05th Mar 2007 17.05 IST
By ApunKaChoice
Ram Gopal Varma's film 'Nishabd' has got diverse reactions from critics. While some have called it Ramu's best work till date, others have panned the movie outright.
Just when the naysayers were claiming that the best of Ram Gopal Varma is well past him, the filmmaker has returned with his movie 'Nishabd'. Given its unconventional theme, the movie, expectedly, has got a very poor box-office opening. But box-office is not a yardstick to judge a film's quality. It only gauges its popularity with masses.
Critics, whose job it is to dissect and evaluate, are apparently divided over 'Nishabd'. Noted film critic Subhash K Jha has given the film four stars out of five.
In Jha's own words, the film "leaves you speechless".
"The luminous language of 'Nishabd' makes you grope for new words to describe the experience of watching a film that unfolds like the petals of a wild but tender flower…Nishabd elevates the traditional language of cinema to the plane of unrhymed poetry."
Our own AKC critic has given the film four stars out of five. (You can check the movie review at Nishabd .)
On the other hand, trade analyst and critic Taran Adarsh has given the film just two stars.
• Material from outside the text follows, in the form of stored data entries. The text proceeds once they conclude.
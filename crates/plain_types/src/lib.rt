//! The types beneath all others, which contracts see as plain data: a text and a list, what a name is, the
//! codes of metad's protocol with the fault that a call answers, and what a connection calls and how. Two
//! texts with the same bytes are equal, wherever they lie in memory.
#![tactic(auto)]

mod callee;
mod code;
mod connection_type;
mod fault;
mod items;
mod name;
mod short_text;
mod text;

pub use callee::Callee;
pub use code::Code;
pub use connection_type::ConnectionType;
pub use fault::Fault;
pub use items::Items;
pub use name::{NAME_BYTES, is_name};
pub use text::Text;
Adarsh found the movie too slow in the second half.
"The penultimate reels are a downer. The man cannot erase Jiah from his memory and the film ends on this note. Besides being a bold ending, it comes across as too abrupt," writes Adarsh.
Another critic Rajiv Masand more or less agrees with Adarsh. Masand, too, found the movie slow in parts but he says the slow pace adds to the feeling of loneliness, which the film is about. He gives the film 3 stars.
"A compromise ending to a bold, brave story. For the most part, Nishabd is watchable because it's held together by a truly awe-inspiring performance by Amitabh Bachchan," writes Masand.
Film critic Nikhat Kazmi believes that Nishabd 'might' have "ended up as landmark cinema if Ramu had dared to break the mould a bit more and not been wary of the moral police."
On the other hand, rediff.com critic Raja Sen found 'Nishabd' "a powerful film".
"Overall, Nishabd is a powerful film -- more than you might initially think. It humanises a strong, scandalous subject and succeeds in making it alarmingly commonplace, extremely possible," writes Sen.
In a television interview, Amitabh Bachchan himself has said that he was surprised to see that Ramu has made "such a sensitive film".